_WHAT YOU HAVE TO DO_:
Lines in which "another" appears should be pulled from the data below.

───── PROVIDED DATA

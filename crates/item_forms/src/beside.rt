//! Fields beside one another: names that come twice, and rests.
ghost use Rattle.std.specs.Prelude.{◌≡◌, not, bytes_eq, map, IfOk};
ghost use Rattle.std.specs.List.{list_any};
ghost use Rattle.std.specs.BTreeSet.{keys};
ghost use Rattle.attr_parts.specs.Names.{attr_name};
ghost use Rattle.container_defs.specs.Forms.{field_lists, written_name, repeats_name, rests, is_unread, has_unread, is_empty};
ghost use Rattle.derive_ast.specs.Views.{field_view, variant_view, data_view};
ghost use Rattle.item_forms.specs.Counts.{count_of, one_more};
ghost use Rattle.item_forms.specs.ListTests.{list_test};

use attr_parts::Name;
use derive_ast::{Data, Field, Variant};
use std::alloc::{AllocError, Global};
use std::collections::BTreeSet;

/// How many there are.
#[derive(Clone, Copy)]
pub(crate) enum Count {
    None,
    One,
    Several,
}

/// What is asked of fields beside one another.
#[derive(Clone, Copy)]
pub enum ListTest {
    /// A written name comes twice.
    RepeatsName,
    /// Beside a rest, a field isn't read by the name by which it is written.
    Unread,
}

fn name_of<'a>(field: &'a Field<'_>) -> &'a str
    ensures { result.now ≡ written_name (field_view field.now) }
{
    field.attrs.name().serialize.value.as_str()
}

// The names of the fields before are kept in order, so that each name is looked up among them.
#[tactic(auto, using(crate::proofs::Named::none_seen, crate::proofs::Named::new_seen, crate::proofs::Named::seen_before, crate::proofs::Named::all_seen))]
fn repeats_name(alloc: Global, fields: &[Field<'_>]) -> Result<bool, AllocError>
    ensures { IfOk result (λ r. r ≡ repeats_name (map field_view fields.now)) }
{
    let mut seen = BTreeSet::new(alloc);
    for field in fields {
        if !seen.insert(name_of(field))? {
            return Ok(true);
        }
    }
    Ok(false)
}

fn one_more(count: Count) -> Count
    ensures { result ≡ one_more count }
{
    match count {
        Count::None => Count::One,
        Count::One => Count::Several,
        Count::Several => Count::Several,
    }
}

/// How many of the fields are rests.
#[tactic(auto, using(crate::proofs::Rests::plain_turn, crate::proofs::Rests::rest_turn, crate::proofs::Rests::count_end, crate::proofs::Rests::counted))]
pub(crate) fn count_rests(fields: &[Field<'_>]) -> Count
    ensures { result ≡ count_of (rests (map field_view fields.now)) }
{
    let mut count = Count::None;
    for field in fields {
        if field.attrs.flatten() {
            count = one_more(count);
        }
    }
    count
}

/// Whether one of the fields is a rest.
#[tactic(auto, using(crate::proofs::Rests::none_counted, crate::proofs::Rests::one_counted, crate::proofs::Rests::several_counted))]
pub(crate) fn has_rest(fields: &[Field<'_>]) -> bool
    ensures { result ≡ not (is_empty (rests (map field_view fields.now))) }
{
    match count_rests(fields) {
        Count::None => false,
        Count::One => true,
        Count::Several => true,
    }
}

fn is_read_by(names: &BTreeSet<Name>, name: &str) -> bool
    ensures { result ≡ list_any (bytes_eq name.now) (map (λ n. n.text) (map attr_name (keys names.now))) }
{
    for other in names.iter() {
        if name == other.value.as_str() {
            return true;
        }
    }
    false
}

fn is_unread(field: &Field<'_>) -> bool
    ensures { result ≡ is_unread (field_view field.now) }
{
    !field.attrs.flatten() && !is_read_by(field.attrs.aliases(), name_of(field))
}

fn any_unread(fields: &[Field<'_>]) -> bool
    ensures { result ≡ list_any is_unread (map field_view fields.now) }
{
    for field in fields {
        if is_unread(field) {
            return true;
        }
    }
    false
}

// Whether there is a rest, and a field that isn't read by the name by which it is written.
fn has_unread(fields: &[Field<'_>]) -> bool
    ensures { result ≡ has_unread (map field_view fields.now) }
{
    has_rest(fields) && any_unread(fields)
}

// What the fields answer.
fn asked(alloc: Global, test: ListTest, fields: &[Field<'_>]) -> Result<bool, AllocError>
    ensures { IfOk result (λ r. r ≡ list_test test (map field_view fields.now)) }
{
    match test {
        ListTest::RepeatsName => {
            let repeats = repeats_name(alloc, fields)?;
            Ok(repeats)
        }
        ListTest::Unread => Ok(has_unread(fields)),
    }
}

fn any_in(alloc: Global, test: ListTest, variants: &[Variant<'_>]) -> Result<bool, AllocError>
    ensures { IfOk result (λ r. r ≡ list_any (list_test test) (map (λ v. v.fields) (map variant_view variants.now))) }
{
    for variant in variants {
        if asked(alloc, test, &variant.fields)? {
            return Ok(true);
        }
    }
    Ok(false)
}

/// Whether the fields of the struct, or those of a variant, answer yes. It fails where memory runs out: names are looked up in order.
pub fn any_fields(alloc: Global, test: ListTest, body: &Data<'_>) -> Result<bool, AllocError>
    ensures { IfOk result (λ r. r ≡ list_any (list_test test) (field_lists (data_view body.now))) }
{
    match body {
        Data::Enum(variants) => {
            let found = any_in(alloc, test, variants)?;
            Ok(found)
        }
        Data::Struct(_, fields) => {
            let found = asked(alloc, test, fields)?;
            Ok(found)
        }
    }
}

──────────
───── PROVIDED DATA

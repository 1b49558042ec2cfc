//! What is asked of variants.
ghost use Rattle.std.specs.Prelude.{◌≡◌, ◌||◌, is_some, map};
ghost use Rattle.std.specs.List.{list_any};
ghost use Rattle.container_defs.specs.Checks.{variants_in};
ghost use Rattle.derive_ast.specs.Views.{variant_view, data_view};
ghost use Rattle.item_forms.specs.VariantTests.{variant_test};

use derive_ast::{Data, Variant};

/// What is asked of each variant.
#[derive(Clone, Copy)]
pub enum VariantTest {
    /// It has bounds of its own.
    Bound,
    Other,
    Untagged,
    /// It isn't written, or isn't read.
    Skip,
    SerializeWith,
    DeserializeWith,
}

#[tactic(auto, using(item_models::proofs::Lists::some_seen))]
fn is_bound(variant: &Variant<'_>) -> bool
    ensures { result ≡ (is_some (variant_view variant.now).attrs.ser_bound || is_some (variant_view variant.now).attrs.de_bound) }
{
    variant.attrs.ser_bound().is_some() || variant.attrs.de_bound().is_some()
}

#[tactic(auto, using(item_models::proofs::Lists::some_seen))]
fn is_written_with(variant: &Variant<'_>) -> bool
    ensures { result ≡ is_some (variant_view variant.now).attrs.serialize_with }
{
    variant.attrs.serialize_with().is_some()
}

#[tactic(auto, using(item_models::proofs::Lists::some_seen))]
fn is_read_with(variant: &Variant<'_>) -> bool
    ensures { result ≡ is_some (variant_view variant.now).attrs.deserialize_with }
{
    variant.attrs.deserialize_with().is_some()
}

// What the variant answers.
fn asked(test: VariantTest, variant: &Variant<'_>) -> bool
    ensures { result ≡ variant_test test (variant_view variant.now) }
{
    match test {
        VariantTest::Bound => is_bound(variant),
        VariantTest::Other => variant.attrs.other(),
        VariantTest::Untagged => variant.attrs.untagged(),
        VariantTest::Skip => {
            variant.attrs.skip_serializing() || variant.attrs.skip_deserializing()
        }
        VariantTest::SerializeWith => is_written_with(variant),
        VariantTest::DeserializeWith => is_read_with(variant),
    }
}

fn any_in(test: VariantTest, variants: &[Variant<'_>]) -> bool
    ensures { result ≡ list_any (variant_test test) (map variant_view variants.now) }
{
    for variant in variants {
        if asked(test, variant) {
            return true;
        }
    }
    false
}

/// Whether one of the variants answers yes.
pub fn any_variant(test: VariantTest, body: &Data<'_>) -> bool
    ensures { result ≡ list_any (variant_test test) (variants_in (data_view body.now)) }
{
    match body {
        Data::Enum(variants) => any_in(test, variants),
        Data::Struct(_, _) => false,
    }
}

──────────

_SOLUTION FOR THIS PROBLEM_:
//! Fields beside one another: names that come twice, and rests.
/// What is asked of fields beside one another.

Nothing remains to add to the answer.